駿河徳山駅を出ると、再び、大井川の流れと並走する。昨日は大雨であった為、水量も多く、濁っているが、川面に日が反射して美しい。いつも色々な表情を見せてくれる大井川は、見ていて飽きない。また、16000系の窓はとても大きく、旧型客車よりも、車窓からの見晴らしが良い。


(大井川の流れを見るのも、この大井川鐵道の楽しみである。)

また、大井川と言えば、東海道の最大の難所のひとつになっており、こんな都々逸(どどいつ/馬小唄)を、一度は聞いた事がある人も多いと思う。

「箱根八里は馬でも越すが、越すに越されぬ大井川」


(東海道五十三次金谷宿・広重画。※著作権フリー画像。)

この大井川は、五街道が整備された江戸時代でも、橋が架けられなかった。中上流部の年間降水量は、国内平均約1.8倍の3,000mmもある日本有数の多雨地域になっており、川幅は約2km、ダムの無い当時の水深は、常水で二尺五寸(75㎝)もあったと言う。また、江戸や徳川家康ゆかりの駿府城の防衛上の役目もあったと言われているが、当時、この大河の増水時に、流されない木造橋を架ける技術は無かった。

そのため、「徒渡し(かちわたし)」と呼ばれる東海道筋の幕府指定場所から、川越え人足の肩車や輿(こし)に乗り、旅人はこの大井川を渡った。なお、指定場所以外の渡河や渡し舟は、厳しく禁止されていた。水深が四尺五寸(136cm)以上になると、川留め(渡河禁止)になり、旅人を困らせたが、川留めの度に島田と金谷の町は大変賑わった。ちなみに、1-2週間の川留めはざらにあり、最長28日間の記録がある。川留めの最中に、旅費を使い果たしてしまう旅人もいたと言う。
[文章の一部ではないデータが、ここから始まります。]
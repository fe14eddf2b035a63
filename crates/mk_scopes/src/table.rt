ghost use Rattle.std.specs.Prelude.{◌≡◌, ◌↔◌, true, [], Some, IfOk, OnOk, OnErr};
ghost use Rattle.std.specs.Option.{option_copied};
ghost use Rattle.mk_scopes.specs.Tables as spec;

use indexmap::IndexMap;
use mk_bytes::{NoMemory, Text};
use std::alloc::Global;
use std::marker::Model;

/// The variables of one class, each name once. No call shows their order.
#[derive(Drop)]
pub struct Table {
    alloc: Global,
    values: IndexMap<Vec<u8>, Text>,
}

impl Model for Table {
    ghost use Rattle.std.specs.Prelude.{List};
    ghost use Rattle.mk_bytes.specs.declared.pair.Pair.{Pair};
    ghost use Rattle.mk_scopes.specs.Entries.{pairs_of};

    ghost Value = { List Pair };

    ghost view = { λ table. pairs_of table.values.entries };
}

impl Table {
    pub fn new(alloc: Global) -> Table
        ensures { result ≡ [] }
    {
        Table {
            alloc,
            values: IndexMap::new(alloc),
        }
    }

    /// The value of a name. Takes no memory.
    pub fn get(&self, name: &[u8]) -> Option<&Text>
        ensures { option_copied result ≡ spec.value_in self.now name.now }
    {
        // The command line sets nothing most of the time.
        if self.values.is_empty() {
            return None;
        }
        self.values.get(name)
    }

    /// Gives a name this value, in the place of the one that it has.
    pub fn assign(&mut self, name: &[u8], value: &[u8]) -> Result<(), NoMemory>
        ensures ok { OnOk result (self.new ≡ spec.assigned self.old name.now value.now) }
        ensures err { OnErr result (self.new ≡ self.old) }
    {
        let name = Vec::from_slice(self.alloc, name)?;
        let value = Text::from_bytes(self.alloc, value)?;
        self.values.insert(name, value)?;
        Ok(())
    }

    /// Appends to the value of a name, after one space. A name without a value first takes the one
    /// that `below` has, and is set where there is none. It costs what it appends.
    pub fn append(&mut self, name: &[u8], value: &[u8], below: &Table) -> Result<(), NoMemory>
        ensures ok { OnOk result (self.new
            ≡ spec.appended self.old name.now value.now (spec.value_in below.now name.now)) }
        ensures err { OnErr result (self.new ≡ self.old) }
    {
        match self.values.get_index_of(name) {
            Some(place) => self.append_at(place, value),
            None => self.append_first(name, value, below),
        }
    }

    // Appends to the value at a place, after one space.
    fn append_at(&mut self, place: usize, value: &[u8]) -> Result<(), NoMemory>
        ensures ok { OnOk result (self.new ≡ spec.appended_at self.old place value.now) }
        ensures err { OnErr result (self.new ≡ self.old) }
    {
        let Some(text) = self.values.get_index_mut(place) else {
            return Ok(());
        };
        text.push_both(b" ", value)
    }

    // Appends to a name without a value.
    fn append_first(&mut self, name: &[u8], value: &[u8], below: &Table) -> Result<(), NoMemory>
        ensures ok { OnOk result (self.new ≡ spec.assigned self.old name.now
            (spec.joined (spec.value_in below.now name.now) value.now)) }
        ensures err { OnErr result (self.new ≡ self.old) }
    {
        let Some(before) = below.get(name) else {
            return self.assign(name, value);
        };
        let text = joined(self.alloc, before.bytes(), value)?;
        self.assign(name, text.bytes())
    }

    /// Whether this has the same variables as another table, with the same values and in the same
    /// order. Takes no memory.
    pub fn is_same(&self, other: &Table) -> bool
        ensures { (result ≡ true) ↔ (self.now ≡ other.now) }
    {
        let mut rest = self.values.as_slice();
        let mut behind = other.values.as_slice();
        'entries: while let Some(((name, value), more)) = rest.split_first() {
            let Some(((its_name, its_value), left)) = behind.split_first() else {
                return false;
            };
            if name.as_slice() != its_name.as_slice() || value.bytes() != its_value.bytes() {
                return false;
            }
            rest = more;
            behind = left;
        }
        behind.is_empty()
    }

    /// Takes a name and its value away, if it has one. The last name takes its place, so that it
    /// costs the same however many there are. Takes no memory.
    pub fn remove(&mut self, name: &[u8])
        ensures { self.new ≡ spec.without self.old name.now }
    {
        self.values.swap_remove(name);
    }
}

// A value behind another, after one space.
fn joined(alloc: Global, before: &[u8], value: &[u8]) -> Result<Text, NoMemory>
    ensures { IfOk result (λ text. text ≡ spec.joined (Some before.now) value.now) }
{
    let mut text = Text::from_bytes(alloc, before)?;
    text.push(b" ")?;
    text.push(value)?;
    Ok(text)
}
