use mk_plan::{NodeState, Plan};
use mk_trace::{Event, Failure};

/// How far a dry run has come.
#[derive(Drop)]
pub struct Course {
    /// What is made, with the nodes that were shown as new ones.
    pub plan: Plan,
    /// How each node stands.
    pub nodes: Vec<NodeState>,
    pub events: Vec<Event>,
    /// The first failure.
    pub failure: Option<Failure>,
}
川渡しの料金は、川辺りに置かれた川会所(役場)が、水深を毎日調べ、それに応じた公定料金を決定していた。公定料金は五段階あり、川越え人足一人当たり48文(約1,500円・股下以下)から94文(約3,000円・脇下)まで、輿の場合は、担ぎ手の人数分(四人分から)と輿代(種類により二人分から、身分にもよる)の料金が必要になり、庶民の殆どは、料金が安い肩車を利用していた。なお、常水(二尺五寸・75㎝)以上は、補助人足がもう一人必要になり、二人分の料金が必要であった。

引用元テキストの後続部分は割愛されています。